C. Each of the Indenture and the Supplemental Indenture to which each Dycom Subsidiary is a party (i) has been duly executed by such Dycom Subsidiary, and (ii) assuming its presentation to the other parties thereto with no conditions, express or implied, regarding the effect of such presentation, has have been duly delivered by such Dycom Subsidiary.
All of the foregoing opinions contained herein are subject to the following assumptions, qualifications, limitations and exceptions:
a. The foregoing opinions are limited to the laws of the State of Delaware presently in effect, excluding the securities provisions thereof. We have not considered and express no opinion on the laws of any other jurisdiction, including, without limitation, federal laws and rules and regulations relating thereto.
b. We have assumed the due authorization, execution and delivery by each party thereto (exclusive of the Dycom Subsidiaries to the extent set forth in Paragraphs B and C above) of each document examined by us, and that each of such parties (exclusive of the Dycom Subsidiaries) has the full power, authority, and legal right to execute, deliver and perform each such document. We also have assumed that each of the entities party to each of the Agreements (exclusive of the Dycom Subsidiaries) has been duly formed, is validly existing, and, if applicable, in good standing under the laws of its jurisdiction of organization, and that the Agreements to which each such entity is a party do not result in the breach of the terms of, and do not contravene its constituent documents or any law, rule or regulation applicable to it.

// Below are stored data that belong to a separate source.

// Who may see a declaration, and which declarations are plain.

ghost use Rattle.std.specs.Prelude.{◌≡◌};
ghost use Rattle.std.specs.List.{list_all};
ghost use Rattle.declared_names.specs.Declarations as spec;

use slang_names::Access;
use slang_tree::{
    Constraint, File, GenericParameter, Identifier, InnerMember, Item, ItemNode, Member, MemberNode,
};

fn has_no_word(access: Option<Access>) -> bool
    ensures { result ≡ spec.has_no_word access }
{
    match access {
        Some(_) => false,
        None => true,
    }
}

fn inner_members_wordless(list: &[InnerMember]) -> bool
    ensures { result ≡ list_all spec.inner_wordless list.now }
{
    for item in list {
        if !has_no_word(item.access) {
            return false;
        }
    }
    true
}

fn member_wordless(member: &Member) -> bool
    ensures { result ≡ spec.member_wordless member.now }
{
    if !has_no_word(member.access) {
        return false;
    }
    match &member.node {
        MemberNode::Struct(inner) => inner_members_wordless(inner.members.as_slice()),
        _ => true,
    }
}

fn members_wordless(list: &[Member]) -> bool
    ensures { result ≡ list_all spec.member_wordless list.now }
{
    for item in list {
        if !member_wordless(item) {
            return false;
        }
    }
    true
}

fn item_wordless(item: &Item) -> bool
    ensures { result ≡ spec.item_wordless item.now }
{
    if !has_no_word(item.access) {
        return false;
    }
    match &item.node {
        ItemNode::Struct(outer) => members_wordless(outer.members.as_slice()),
        ItemNode::Extension(extension) => inner_members_wordless(extension.members.as_slice()),
        _ => true,
    }
}

fn items_wordless(list: &[Item]) -> bool
    ensures { result ≡ list_all spec.item_wordless list.now }
{
    for item in list {
        if !item_wordless(item) {
            return false;
        }
    }
    true
}

/// A file without a module line and without access words is open to all.
pub fn is_open(file: &File) -> bool
    ensures { result ≡ spec.is_open file.now }
{
    match &file.module {
        Some(_) => false,
        None => items_wordless(file.items.as_slice()),
    }
}

/// The access that is written, or that of the file.
pub fn access_or(bare: bool, access: Option<Access>) -> Access
    ensures { result ≡ spec.access_or bare access }
{
    match access {
        Some(access) => access,
        None => {
            if bare {
                Access::Public
            } else {
                Access::Internal
            }
        }
    }
}

/// Without parameters between `<` and `>`, heads and constraints.
pub fn is_plain(generics: &[GenericParameter], heads: &[Identifier], wheres: &[Constraint]) -> bool
    ensures { result ≡ spec.is_plain generics.now heads.now wheres.now }
{
    generics.is_empty() && heads.is_empty() && wheres.is_empty()
}
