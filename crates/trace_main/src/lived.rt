//! The scenario of a text that is run in threads.

ghost use Rattle.std.specs.Prelude.{◌≡◌, ◌==◌, IfOk, IfSome, Some};
ghost use Rattle.std.specs.List.{list_any, slice_split};
ghost use Rattle.trace_scenario.specs.Line.{line_of_text};
ghost use Rattle.usb_scripttext.specs.Results.{AnswersAs};
ghost use Rattle.trace_scenario.specs.Runnable.{IsRunnable};
ghost use Rattle.trace_main.specs.Lived.{first_unlived, is_unlived, is_unlived_piece, lived_in, lived_of};
ghost use Rattle.trace_main.specs.Source.{IsReadAs, IsReadFirst};

use crate::source::{Source, scenario_of};
use std::alloc::{AllocError, Global};
use trace_scenario::{Line, Lined, Scenario};
use usb_model::{Plan, Step};
use usb_scripttext::{LineFault, TextFault};

/// Whether a piece of a plan is what no handle's thread does: the end of a transfer's time, or of a device.
fn is_unlived_piece(piece: &Plan) -> bool
    ensures { result ≡ is_unlived_piece piece.now }
{
    matches!(piece, Plan::Do(Step::Expire { .. } | Step::Unplug { .. }))
}

/// Whether what a line says is such a piece.
fn is_unlived(line: &Line) -> bool
    ensures { result ≡ is_unlived (Some line.now) }
{
    match line {
        Line::Piece(piece) => is_unlived_piece(piece),
        _ => false,
    }
}

/// Whether a plan has such a piece.
fn has_unlived(plan: &[Plan]) -> bool
    ensures { result ≡ list_any is_unlived_piece plan.now }
{
    plan.iter().any(|piece| is_unlived_piece(piece))
}

/// The same of a line's text. An error where memory is refused.
fn says_unlived(alloc: Global, text: &[u8]) -> Result<bool, AllocError>
    ensures { IfOk result (λ says. says ≡ is_unlived (line_of_text text.now)) }
{
    match Line::from_text(alloc, text) {
        Ok(line) => Ok(is_unlived(&line)),
        Err(LineFault::Bad(_)) => Ok(false),
        Err(LineFault::Memory) => Err(AllocError),
    }
}

/// The number of the first such line, from 1 on.
fn first_unlived(alloc: Global, text: &[u8]) -> Result<Option<u64>, AllocError>
    ensures { IfOk result (λ found. found ≡ first_unlived 1 (slice_split (λ b. b == 10) text.now)) }
{
    let mut at: u64 = 0;
    for line in text.split(|byte| *byte == b'\n') {
        at = at.saturating_add(1);
        if says_unlived(alloc, line)? {
            return Ok(Some(at));
        }
    }
    Ok(None)
}

/// The same. Where the scenario was read first and its plan has no such piece, no line is looked at.
fn first_unlived_behind(
    alloc: Global,
    text: &[u8],
    first: &Option<Lined<'_>>,
) -> Result<Option<u64>, AllocError>
    requires { IfSome first.now (IsReadAs text.now) }
    ensures { IfOk result (λ found. found ≡ first_unlived 1 (slice_split (λ b. b == 10) text.now)) }
{
    match first {
        Some(read) if !has_unlived(read.scenario.plan.as_slice()) => Ok(None),
        _ => first_unlived(alloc, text),
    }
}

/// The scenario of a text, or the number of its first line that isn't taken, or asks for what no handle's thread does.
/// What it gives can be run.
fn read_lived(alloc: Global, text: &[u8], first: Option<Lined<'_>>) -> Result<Scenario, TextFault>
    requires { IfSome first (IsReadAs text.now) }
    ensures scenario { AnswersAs result (lived_of text.now) }
    ensures runnable { IfOk result (λ s. IsRunnable s) }
{
    let Ok(unlived) = first_unlived_behind(alloc, text, &first) else {
        return Err(TextFault::Memory);
    };
    match (unlived, scenario_of(alloc, text, first)) {
        (None, read) => read,
        (Some(at), Ok(_)) => Err(TextFault::Line(at)),
        (Some(at), Err(TextFault::Line(line))) => Err(TextFault::Line(line.min(at))),
        (Some(_), Err(TextFault::Memory)) => Err(TextFault::Memory),
    }
}

/// The same of what a text stands for; a bad line is told as the text has it.
#[tactic(auto, using(crate::proofs::Sources::told_good, crate::proofs::Sources::told_bad))]
pub(crate) fn lived(
    alloc: Global,
    source: &Source<'_>,
    first: Option<Lined<'_>>,
) -> Result<Scenario, TextFault>
    requires { IsReadFirst source.now first }
    ensures scenario { AnswersAs result (lived_in source.now) }
    ensures runnable { IfOk result (λ s. IsRunnable s) }
{
    match read_lived(alloc, source.text(), first) {
        Ok(scenario) => Ok(scenario),
        Err(TextFault::Line(line)) => Err(TextFault::Line(source.number(line))),
        Err(TextFault::Memory) => Err(TextFault::Memory),
    }
}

c. We have assumed that all signatures on documents examined by us are genuine, that all documents submitted to us as originals are authentic and that all documents submitted to us as copies conform to the originals.
d. We have assumed further that the Organizational Documents of each Dycom Subsidiary constitutes the entire agreement with respect to the subject matter thereof, including with respect to the admission of members to, and the creation, operation, dissolution and winding up of such Dycom Subsidiary.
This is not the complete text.